Liz Truss has doubled down on her refusal to offer significant help to people with soaring energy bills this winter, despite a forecast that these could exceed ?4,200 annually from January, and rise further during 2023.
Truss, the runaway favourite to succeed Boris Johnson as prime minister next month, has already said she does not want to give “handouts” to people struggling with bills, preferring to prioritise tax cuts.
While she has not definitively ruled out other direct help, questioned on Tuesday the foreign secretary would only confirm plans to reverse the recent increase in national insurance, and to temporarily suspend green levies on energy bills.
Critics of her policy warn that tax cuts disproportionately help the better off and offer no assistance to pensioners or those not in work, while the green levies contribute only about ?150 annually to the average bill.
“What’s vitally important at this moment is we get economic growth going,” Truss told reporters on a visit to Huddersfield in West Yorkshire.
“At the moment we’ve got the highest taxes in 70 years. That’s why I believe in lower taxes, to get growth going, to encourage businesses to invest, and that way there will be more money in people’s pockets.”

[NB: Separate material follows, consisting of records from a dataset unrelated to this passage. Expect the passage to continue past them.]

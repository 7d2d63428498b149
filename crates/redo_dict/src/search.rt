//! Where a table stands among tables whose ids rise.
ghost use Rattle.std.specs.Prelude.{◌≡◌, ◌≤◌, ◌&&◌, IsTrue, OnOk, OnErr, IfErr, length, nat_lt, true, false, Option, Some, None};
ghost use Rattle.std.specs.List.Sorted.{IsPartitionPoint};
ghost use Rattle.std.specs.Option.{option_copied};
ghost use Rattle.rl_value.specs.Order.{same_bytes};
ghost use Rattle.redo_spec.specs.Dictionary.{ids_rise, table_of, id_of, same_table, with_table, has_bad_keys};
ghost use Rattle.std.specs.List.{list_any};
ghost use Rattle.redo_dict.specs.Found.{if_of_id};

use crate::table_form::same;
use redo_vec::TableRow;

fn is_below(table: &TableRow, id: u32) -> bool
    ensures { result ≡ nat_lt table.now.id id }
{
    table.id < id
}

/// The index of the first table whose id is not below this one, or the number of tables.
#[tactic(auto, using(crate::proofs::Rising::partitioned))]
pub fn place_of(tables: &[TableRow], id: u32) -> usize
    requires { IsTrue (ids_rise 0 tables.now) }
    ensures bound { result ≤ length tables.now }
    ensures between { IsPartitionPoint (λ t. nat_lt t.id id ≡ true) (λ t. nat_lt t.id id ≡ false) tables.now result }
{
    tables.partition_point(|table| is_below(table, id))
}

fn table_if_of_id(table: &TableRow, id: u32) -> Option<&TableRow>
    ensures { option_copied result ≡ if_of_id id (Some table.now) }
{
    if table.id == id { Some(table) } else { None }
}

/// The table of this id.
pub fn table_at(tables: &[TableRow], id: u32) -> Option<&TableRow>
    requires { IsTrue (ids_rise 0 tables.now) }
    ensures { option_copied result ≡ table_of tables.now id }
{
    match tables.get(place_of(tables, id)) {
        Some(table) => table_if_of_id(table, id),
        None => None,
    }
}

fn is_named(table: &TableRow, schema: &[u8], name: &[u8]) -> bool
    ensures { result ≡ (same_bytes table.now.schema schema.now && same_bytes table.now.name name.now) }
{
    same(table.schema.items(), schema) && same(table.name.items(), name)
}

/// The id of the table of this schema and name.
pub fn id_at(tables: &[TableRow], schema: &[u8], name: &[u8]) -> Option<u32>
    ensures { result ≡ id_of tables.now schema.now name.now }
{
    match tables.iter().find(|table| is_named(table, schema, name)) {
        Some(table) => Some(table.id),
        None => None,
    }
}

/// Puts a new table where it goes. Where memory is refused it comes back, and the others stay as they were.
#[tactic(auto, using(crate::proofs::Rising::inserted_at, crate::proofs::Rising::rises_with, crate::proofs::Keys::keys_with))]
pub fn insert_table(tables: &mut Vec<TableRow>, table: TableRow) -> Result<(), TableRow>
    requires rising { IsTrue (ids_rise 0 tables.old.items) }
    requires other { list_any (same_table table) tables.old.items ≡ false }
    requires keys { (list_any has_bad_keys tables.old.items ≡ false) × (has_bad_keys table ≡ false) }
    ensures placed { OnOk result (tables.new.items ≡ with_table table tables.old.items) }
    ensures rising { OnOk result (IsTrue (ids_rise 0 tables.new.items)) }
    ensures keys { OnOk result (list_any has_bad_keys tables.new.items ≡ false) }
    ensures unchanged { OnErr result (tables.new.items ≡ tables.old.items) }
    ensures back { IfErr result (λ back. back ≡ table) }
{
    let place = place_of(tables.as_slice(), table.id);
    match tables.insert(place, table) {
        Ok(()) => Ok(()),
        Err(failed) => Err(failed.value),
    }
}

Asked if she was ruling out any other help for energy bills, Truss replied: “What I’m promising is that from day one, people will have lower taxes. They will also have lower energy bills, because I’m going to put a temporary moratorium on the green energy levy. But what we need is a growing economy.”
Earlier on Tuesday the Cornwall Insight consultancy said it expected the energy price cap, the maximum amount suppliers can charge for each unit of energy, would rise so average annual bills would reach ?4,266 a year for the first three months of 2023, rising to ?4,426 in the second quarter.
The consultancy now expects the cap to hit ?3,582 from October, an increase of ?200 on its last forecast. The cap is now being updated every three months, rather than six, as previously.
Truss’s insistence on tax cuts rather than other forms of help for households has become a major dividing line in the leadership race.
A spokesperson for the campaign of her rival, former chancellor Rishi Sunak, said Truss was “divorced from reality” on the issue, adding: “Liz’s plan will not touch the sides for the majority of British families this winter and pensioners will get no help whatsoever.”
In an article for the Times on Tuesday, Dominic Raab, the justice secretary and deputy PM, who is backing Sunak, said that for Truss to produce an emergency budget in September which did not properly face up to the scale of the energy crisis would amount to “an electoral suicide note” for the Conservatives.
Pressed about her plans in Huddersfield, Truss repeatedly refused to commit to any help beyond the NI reversal and the green levy suspension, saying: “I’m not going to comment on exactly what’s going to be in the budget. What I am clear about is that from day one I will reduce taxes.”
Asked about Raab’s comments, she said: “What I care about is Britain being successful. I don’t agree with these portents of doom. I don’t agree with this declinist talk.
“I believe our country’s best days are ahead of us. What I’m going to do, if selected as prime minister, is keep taxes low, get the economy growing, unleash the potential right across Britain. That’s what I’m about.”